People have been trying to use existing technologies, such as relational database systems for such graph data management problems. It is perfectly possible to represent and store a graph in a relational table, for instance as a table where every row contains an edge, and the start an end vertex of every edge are a foreign key reference (in SQL terms). However, what makes a data management problem a graph data management problem is that the data analysis is not only about the values of the data items in such a table, but about the connection patterns between the various pieces. Relational database systems and the SQL language were not designed for such tasks.

The need to perform graph data analysis has led to a proliferation of new graph-oriented data management technologies. Roughly speaking, there are two families of approaches.

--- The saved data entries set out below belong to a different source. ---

//! Whether octets can spell a request or a reply: `write 5:1 85 null at 17 -> not sound`.

use crate::text::is_reply;
use primitives::{
    ErrorClass, ErrorCode, ObjectRefs, ObjectResults, ObjectWrites, PropertyResult, Reply, Request,
};
use sheets::{Counts, Part, Stop, run_text, two_words};
use std::alloc::{AllocError, Allocator, Global};
use tags::{Items, ObjectId};
use words::{
    Unread, parse_any_reply, parse_any_request, parse_number, parse_object, parse_request,
};

/// What stands behind a list that names no object, or no property of its only object.
const NOTHING: &str = " nothing";

/// What stands before the number of a class or code whose name is left out.
const UNNAMED: &str = "unnamed/";

/// Runs a row.
pub(crate) fn run(alloc: Global, asked: &str, wanted: &str) -> Result<Counts, Stop> {
    let found = if is_sound(alloc, asked)? {
        "sound"
    } else {
        "not sound"
    };
    run_text(String::from_str(alloc, found)?, wanted)
}

/// Whether that which the words of a row say has a spelling.
fn is_sound<A: Allocator + Copy>(alloc: A, asked: &str) -> Result<bool, Stop> {
    if let Some(words) = asked.strip_prefix("errors ") {
        return are_sound_errors(alloc, words);
    }
    if let Some(words) = asked.strip_suffix(NOTHING) {
        return is_sound_nothing(alloc, words);
    }
    if is_reply(asked) {
        return Ok(parse_any_reply(alloc, asked)?.is_sound());
    }
    let is_sound = parse_any_request(alloc, asked)?.is_sound();
    is_told(alloc, asked, is_sound)?;
    Ok(is_sound)
}

/// Whether a script's line is refused for its want of a spelling only where the request has none.
///
/// # Errors
/// `Unread` where it is not so, `Memory`.
fn is_told<A: Allocator + Copy>(alloc: A, asked: &str, is_sound: bool) -> Result<(), Stop> {
    match parse_request(alloc, asked) {
        Ok(_) if !is_sound => Err(Stop::Unread(Part::Words)),
        Err(Unread::Sound) if is_sound => Err(Stop::Unread(Part::Said(Unread::Sound))),
        Err(Unread::Memory) => Err(Stop::Memory),
        _ => Ok(()),
    }
}

/// Whether a list has a spelling that names no object, or no property of one: `many`, `batch 5:1`.
fn is_sound_nothing<A: Allocator + Copy>(alloc: A, words: &str) -> Result<bool, Stop> {
    let none: Option<Request<A>> = match words.split_once(' ') {
        None if words == "many" => Some(Request::ReadMany(Items::new(alloc))),
        None if words == "batch" => Some(Request::WriteMany(Items::new(alloc))),
        Some(("many", id)) => Some(read_nothing(alloc, parse_object(id)?)?),
        Some(("batch", id)) => Some(write_nothing(alloc, parse_object(id)?)?),
        _ => None,
    };
    match none {
        Some(request) => Ok(request.is_sound()),
        None => Err(Stop::Unread(Part::Asked)),
    }
}

/// A ReadPropertyMultiple of no property of an object.
fn read_nothing<A: Allocator + Copy>(alloc: A, object: ObjectId) -> Result<Request<A>, AllocError> {
    let refs = Items::new(alloc);
    let mut groups = Items::new(alloc);
    groups.push(ObjectRefs { object, refs })?;
    Ok(Request::ReadMany(groups))
}

/// A WritePropertyMultiple of no property of an object.
fn write_nothing<A: Allocator + Copy>(
    alloc: A,
    object: ObjectId,
) -> Result<Request<A>, AllocError> {
    let writes = Items::new(alloc);
    let mut groups = Items::new(alloc);
    groups.push(ObjectWrites { object, writes })?;
    Ok(Request::WriteMany(groups))
}

/// Whether a class and a code have a spelling, as a reply alone, where a write failed, and where a
/// property was read.
///
/// # Errors
/// `Unread` where one of these has and another has none, `Memory`.
fn are_sound_errors<A: Allocator + Copy>(alloc: A, words: &str) -> Result<bool, Stop> {
    let (class, code) = two_words(words);
    let class = class_of(class)?;
    let code = code_of(code)?;
    let is_sound = is_sound_error::<A>(class, code);
    if is_sound_failure::<A>(class, code) == is_sound
        && is_sound_result(alloc, class, code)? == is_sound
    {
        return Ok(is_sound);
    }
    Err(Stop::Unread(Part::Words))
}

/// The class of a number, without its name where that is to be left out.
fn class_of(word: &str) -> Result<ErrorClass, Stop> {
    Ok(match word.strip_prefix(UNNAMED) {
        Some(number) => ErrorClass::Other(parse_number(number)?),
        None => ErrorClass::from(parse_number::<u32>(word)?),
    })
}

/// The code of a number, without its name where that is to be left out.
fn code_of(word: &str) -> Result<ErrorCode, Stop> {
    Ok(match word.strip_prefix(UNNAMED) {
        Some(number) => ErrorCode::Other(parse_number(number)?),
        None => ErrorCode::from(parse_number::<u32>(word)?),
    })
}

/// Whether a reply of a class and a code alone has a spelling.
fn is_sound_error<A: Allocator>(class: ErrorClass, code: ErrorCode) -> bool {
    let reply: Reply<A> = Reply::Error(class, code);
    reply.is_sound()
}

/// The object that rows of errors name: Binary Value 1.
const OBJECT: ObjectId = ObjectId {
    object_type: 5,
    instance: 1,
};

/// Whether a reply of the write of Present_Value that failed has a spelling.
fn is_sound_failure<A: Allocator>(class: ErrorClass, code: ErrorCode) -> bool {
    let reply: Reply<A> = Reply::ErrorAt {
        class,
        code,
        object: OBJECT,
        property: 85,
        index: None,
    };
    reply.is_sound()
}

/// Whether a ReadPropertyMultiple's reply of an error that Present_Value gives has a spelling.
fn is_sound_result<A: Allocator + Copy>(
    alloc: A,
    class: ErrorClass,
    code: ErrorCode,
) -> Result<bool, AllocError> {
    let mut results = Items::new(alloc);
    results.push(PropertyResult {
        property: 85,
        index: None,
        result: Err((class, code)),
    })?;
    let mut all = Items::new(alloc);
    all.push(ObjectResults {
        object: OBJECT,
        results,
    })?;
    Ok(Reply::Many(all).is_sound())
}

One are pure graph database systems, which elevate graphs to first class citizens in their data model, query languages, and APIs. These systems often provide specific features such as breadth-first search and shortest path algorithms, but also allow to insert, delete and modify data in a graph database using transactional semantics. A second kind of new system targets the need to compute certain complex graph algorithms, such as Community Finding, Clustering and PageRank, on huge graphs that may not fit the memory of a single machine, by making use of cluster computing.  The ecosystem is still heavily in motion and new systems are being developed as we write.

The mission of LDBC is to provide the first comprehensive benchmarks for graph database management, helping people in IT with a graph data management problem to better understand the nature of their problem, and better understand the pros and cons of the various technological options (including good old relational database technology). LDBC graph benchmarks are also designed to help guide future innovations in new graph database management systems.